Magic, and Miracles: An Interview with Bruce McAllister
Bruce McAllister lives in idyllic old town Orange, California. Outside his 1914 craftsman-style home, wild parrots squawk as they fly overhead from sweet gum tree to palm tree to an aged church bell tower in the distance. Inside, the home is neat and sparsely furnished. The only semblance of clutter is in McAllister’s writing office, where the desk is smattered with a few sheets of loose-leaf paper, and where along the sidewall, piled on top of a fold-out table and in plastic bins beneath it, he keeps his cobble collection. These fossil-riddled rocks are from the Santiago Creek riverbed where he routinely walks with his dog Madge. Like the seashell collection he had as a boy — and which plays a prominent role in his newest novel, The Village Sang to the Sea: a Memoir of Magic — these cobbles are a reminder of the wonder in the world around us, “rationale mysticism,” as he calls it.
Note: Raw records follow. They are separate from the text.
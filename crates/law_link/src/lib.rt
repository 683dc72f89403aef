//! Linked code on the machine with delay slots is the sequential meaning.
#![tactic(auto)]

mod laws;

pub use laws::{
    as_chosen_is_lawful, as_wanted_is_lawful, fetches_start_blocks, later_blocks_start_later,
    linked_blocks_start, linked_code_halts, linked_code_halts_only, linked_code_is_clean,
    linked_code_sends, results_are_linked,
};
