//! Laws over the definitions: a source that is laid out with valid plans and branches in reach, with any copies in its
//! slots that no rule forbids, at any place and with any input.
ghost use Rattle.law_link.specs.Laws.{AsWantedIsLawful, AsChosenIsLawful, LinkedCodeIsClean, LinkedCodeHalts, LinkedCodeHaltsOnly, LinkedCodeSends, LinkedBlocksStart, LaterBlocksStartLater, FetchesStartBlocks};
ghost use Rattle.law_link.specs.Results.{ResultsAreLinked};

use mx_validate::Proposer;

/// What `link` or `link_plain` gives is linked code of its source, whatever was proposed: its image has the words and the data
/// of a layout, its links are the link map, and each word spells the instruction that stands there. So each law below holds of it.
pub fn results_are_linked<P: Proposer>()
    ensures { ResultsAreLinked P.proposes }
{}

/// Whatever counts are wanted of a linker, its copies are lawful: where a rule forbids so many, there are none. So each law below
/// holds of its code.
pub fn as_wanted_is_lawful()
    ensures { AsWantedIsLawful }
{}

/// So are they whatever is chosen.
pub fn as_chosen_is_lawful()
    ensures { AsChosenIsLawful }
{}

/// Where the meaning is not stuck within j + 64 statements, the first j steps of linked code are clean, and
/// what they send is a prefix of what those statements send.
pub fn linked_code_is_clean()
    ensures { LinkedCodeIsClean }
{}

/// Where the meaning halts in n statements, linked code has halted after at most 3n steps, with the same console,
/// registers, MD, data and count of input bytes.
pub fn linked_code_halts()
    ensures { LinkedCodeHalts }
{}

/// Where linked code has halted after j steps and the meaning is not stuck within j + 64 statements, the meaning halts
/// in at most j, with the same console, registers, MD, data and count of input bytes.
pub fn linked_code_halts_only()
    ensures { LinkedCodeHaltsOnly }
{}

/// Where the meaning is not stuck within m + 64 statements, what its first m statements send is a prefix of what
/// linked code sends in 3 (m + 64) steps.
pub fn linked_code_sends()
    ensures { LinkedCodeSends }
{}

/// Without copies: where the meaning goes on at a leader after m statements, linked code has come to that leader's
/// address after the words of the plans of the blocks that began before, from m to 3m steps, with the same console,
/// registers, MD, data and count of input bytes.
pub fn linked_blocks_start()
    ensures { LinkedBlocksStart }
{}

/// Of two such numbers of statements the greater has the greater number of steps.
pub fn later_blocks_start_later()
    ensures { LaterBlocksStartLater }
{}

/// Without copies: where linked code is at a leader's address after d steps, it has come there so.
pub fn fetches_start_blocks()
    ensures { FetchesStartBlocks }
{}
Similar to Brad Latimer, the protagonist in The Village Sang to the Sea, McAllister grew up in a military family and lived in Italy for a time. Like Brad, his hunchback teacher caught him writing a story one day and, rather than punish him, the teacher encouraged him.
When he was sixteen, McAllister became nettled with another teacher, this one back in the United States, who was overemphasizing the importance of symbolism in literature. In an act of annoyed defiance, McAllister wrote a now famous letter, which he sent to 150 authors, including the likes of Ray Bradbury, Isaac Asimov, and Fritz Leiber, wherein he asked their thoughts on symbolism in their work and whether it was ever purposeful. To his surprise, the vast majority of the authors wrote back. “It was a miracle they responded,” he says.